Material shown:
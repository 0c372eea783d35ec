//! Sums over windows as they begin, and as boxes and metal move them.
use fill_area::Windows;
use fill_base::{Point, Rect};
use fill_region::Region;
use fill_sums::Sums;
use std::alloc::{AllocError, Global};
use std::process::Abort;
use std::test::Fail;
use std::thread::Threads;

/// Both numbers of a window.
fn numbers(rt: &impl Abort, sums: &Sums, a: u32, b: u32) -> (i64, i64) {
    let windows = sums.windows();
    if a >= windows.columns() || b >= windows.rows() {
        panic!(rt; "no window {a}, {b}");
    }
    (sums.drawn(a, b), sums.total(a, b))
}

/// Windows of 6 by 4 at steps of 4 by 2, over 5 columns of 3 lines, by hand.
#[test]
fn sums_begin_with_the_metal(rt: HostRuntime) -> Result<(), Fail> {
    let windows = Windows::new(Point { x: 0, y: 0 }, (6, 4), (4, 2), (2, 2))?;
    let metal = Region::one(rt.alloc(), &Rect::new(1, 1, 6, 4)?)?;
    let sums = Sums::of(&rt, rt.alloc(), &metal, &windows)?;
    let copy = sums.copy(rt.alloc())?;
    for (a, b, area) in [(0, 0, 15), (1, 0, 6), (0, 1, 10), (1, 1, 4)] {
        assert_eq!(rt; numbers(&rt, &sums, a, b), (area, area));
        assert_eq!(rt; numbers(&rt, &copy, a, b), (area, area));
    }
    assert_eq!(rt; sums.totals(), [15, 6, 10, 4].as_slice());
    Ok(())
}

/// The sums over windows without metal, once a box has come, once it has gone, once metal has come, and once it is cut again.
fn moved_sums(
    rt: &(impl Threads + Sync),
    alloc: Global,
    windows: &Windows,
    rect: &Rect,
    metal: &Region,
) -> Result<Vec<Sums>, AllocError> {
    let mut sums = Sums::of(rt, alloc, &Region::empty(alloc), windows)?;
    let mut seen = Vec::new(alloc);
    sums.add_box(rect);
    seen.push(sums.copy(alloc)?)?;
    sums.drop_box(rect);
    seen.push(sums.copy(alloc)?)?;
    sums.add_metal(metal);
    seen.push(sums.copy(alloc)?)?;
    sums.cut_metal(metal);
    seen.push(sums)?;
    Ok(seen)
}

/// The same windows, a box that lies in all four, and metal of two pieces that lie in three.
#[test]
fn a_box_moves_totals_and_metal_moves_both(rt: HostRuntime) -> Result<(), Fail> {
    let windows = Windows::new(Point { x: 0, y: 0 }, (6, 4), (4, 2), (2, 2))?;
    let rect = Rect::new(3, 1, 7, 3)?;
    let metal = [Rect::new(0, 0, 5, 1)?, Rect::new(2, 3, 4, 5)?];
    let metal = Region::from_rects(rt.alloc(), &metal)?;
    let seen = moved_sums(&rt, rt.alloc(), &windows, &rect, &metal)?;
    let mut found = Vec::new(rt.alloc());
    for sums in &seen {
        for (a, b) in [(0, 0), (1, 0), (0, 1), (1, 1)] {
            found.push(numbers(&rt, sums, a, b))?;
        }
    }
    let with_box = [(0, 6), (0, 6), (0, 3), (0, 3)];
    let with_metal = [(7, 7), (1, 1), (4, 4), (0, 0)];
    let none = [(0, 0); 4];
    assert_eq!(rt;
        found.as_slice(),
        [with_box, none, with_metal, none]
            .concat(rt.alloc())?
            .as_slice()
    );
    Ok(())
}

Work item: Only the lines that contain the string "found" should be copied from the entries above.

Result:
    let mut found = Vec::new(rt.alloc());
            found.push(numbers(&rt, sums, a, b))?;
        found.as_slice(),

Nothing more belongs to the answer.